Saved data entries
+ + +

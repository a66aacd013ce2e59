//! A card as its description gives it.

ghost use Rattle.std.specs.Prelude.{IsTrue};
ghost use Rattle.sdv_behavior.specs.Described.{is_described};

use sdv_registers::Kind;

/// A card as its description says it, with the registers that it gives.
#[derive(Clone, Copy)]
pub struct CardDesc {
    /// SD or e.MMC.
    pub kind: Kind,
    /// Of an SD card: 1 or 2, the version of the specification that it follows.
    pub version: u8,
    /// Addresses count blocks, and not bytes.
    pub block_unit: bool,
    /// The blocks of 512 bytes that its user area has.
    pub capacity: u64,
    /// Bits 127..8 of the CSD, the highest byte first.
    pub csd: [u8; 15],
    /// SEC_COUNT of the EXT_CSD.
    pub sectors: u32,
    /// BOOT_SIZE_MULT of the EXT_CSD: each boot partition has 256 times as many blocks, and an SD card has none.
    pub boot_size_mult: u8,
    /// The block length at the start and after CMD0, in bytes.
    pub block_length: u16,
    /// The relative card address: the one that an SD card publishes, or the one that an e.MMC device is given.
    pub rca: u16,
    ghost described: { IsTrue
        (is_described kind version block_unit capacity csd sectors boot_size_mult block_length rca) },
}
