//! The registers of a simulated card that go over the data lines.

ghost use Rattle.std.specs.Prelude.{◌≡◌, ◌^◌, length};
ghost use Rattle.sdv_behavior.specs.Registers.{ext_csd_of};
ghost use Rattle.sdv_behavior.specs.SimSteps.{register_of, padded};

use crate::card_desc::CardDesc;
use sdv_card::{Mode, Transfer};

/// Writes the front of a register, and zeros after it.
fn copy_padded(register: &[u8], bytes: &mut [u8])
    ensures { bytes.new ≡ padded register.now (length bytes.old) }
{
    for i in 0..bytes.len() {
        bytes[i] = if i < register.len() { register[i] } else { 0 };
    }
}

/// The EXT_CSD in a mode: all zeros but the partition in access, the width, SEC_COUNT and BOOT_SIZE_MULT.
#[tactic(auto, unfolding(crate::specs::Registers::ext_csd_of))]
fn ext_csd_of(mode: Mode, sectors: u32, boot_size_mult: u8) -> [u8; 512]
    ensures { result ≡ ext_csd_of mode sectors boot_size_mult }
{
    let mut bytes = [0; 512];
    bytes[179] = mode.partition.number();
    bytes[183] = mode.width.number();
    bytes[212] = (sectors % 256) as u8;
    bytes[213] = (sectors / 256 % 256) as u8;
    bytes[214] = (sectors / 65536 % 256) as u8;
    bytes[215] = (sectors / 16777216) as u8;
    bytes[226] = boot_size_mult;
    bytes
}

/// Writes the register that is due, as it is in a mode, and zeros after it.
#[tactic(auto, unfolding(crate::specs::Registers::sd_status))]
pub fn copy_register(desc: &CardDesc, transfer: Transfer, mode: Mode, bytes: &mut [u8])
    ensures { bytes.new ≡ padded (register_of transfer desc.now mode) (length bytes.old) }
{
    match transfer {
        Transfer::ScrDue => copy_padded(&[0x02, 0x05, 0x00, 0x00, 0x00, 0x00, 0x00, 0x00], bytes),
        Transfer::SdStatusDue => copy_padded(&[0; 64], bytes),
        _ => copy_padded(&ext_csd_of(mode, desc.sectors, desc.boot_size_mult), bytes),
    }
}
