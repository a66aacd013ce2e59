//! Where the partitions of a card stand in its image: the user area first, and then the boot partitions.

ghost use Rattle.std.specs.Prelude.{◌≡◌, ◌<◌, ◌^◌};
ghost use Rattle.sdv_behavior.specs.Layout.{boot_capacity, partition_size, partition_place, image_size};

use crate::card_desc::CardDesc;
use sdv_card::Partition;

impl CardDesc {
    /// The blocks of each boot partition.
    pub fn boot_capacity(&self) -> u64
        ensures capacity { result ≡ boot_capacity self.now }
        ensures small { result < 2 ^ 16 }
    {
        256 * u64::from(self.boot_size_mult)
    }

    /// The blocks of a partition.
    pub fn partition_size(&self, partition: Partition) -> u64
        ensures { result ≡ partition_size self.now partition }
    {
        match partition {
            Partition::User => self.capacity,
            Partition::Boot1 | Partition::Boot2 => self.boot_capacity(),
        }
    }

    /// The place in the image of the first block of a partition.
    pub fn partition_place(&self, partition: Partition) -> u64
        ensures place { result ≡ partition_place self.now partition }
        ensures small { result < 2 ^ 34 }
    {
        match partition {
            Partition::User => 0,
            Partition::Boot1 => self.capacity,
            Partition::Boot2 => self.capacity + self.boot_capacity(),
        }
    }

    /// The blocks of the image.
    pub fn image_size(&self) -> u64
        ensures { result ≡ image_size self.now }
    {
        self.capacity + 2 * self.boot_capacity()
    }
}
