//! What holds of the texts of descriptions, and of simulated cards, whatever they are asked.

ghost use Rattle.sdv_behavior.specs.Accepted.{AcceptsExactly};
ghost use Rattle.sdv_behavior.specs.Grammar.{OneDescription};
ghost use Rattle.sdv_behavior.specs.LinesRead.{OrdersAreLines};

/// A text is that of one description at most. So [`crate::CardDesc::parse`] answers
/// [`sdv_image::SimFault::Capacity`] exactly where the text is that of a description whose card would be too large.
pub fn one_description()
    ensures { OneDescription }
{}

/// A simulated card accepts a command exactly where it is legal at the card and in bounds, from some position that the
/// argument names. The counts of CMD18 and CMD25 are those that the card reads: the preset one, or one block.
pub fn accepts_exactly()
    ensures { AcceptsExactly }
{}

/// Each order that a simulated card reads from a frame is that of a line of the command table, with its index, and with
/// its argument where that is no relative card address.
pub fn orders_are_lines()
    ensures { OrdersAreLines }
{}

+ + +

What is needed:
Report the lines above that contain "small".

Output for this task:
        ensures small { result < 2 ^ 16 }
        ensures small { result < 2 ^ 34 }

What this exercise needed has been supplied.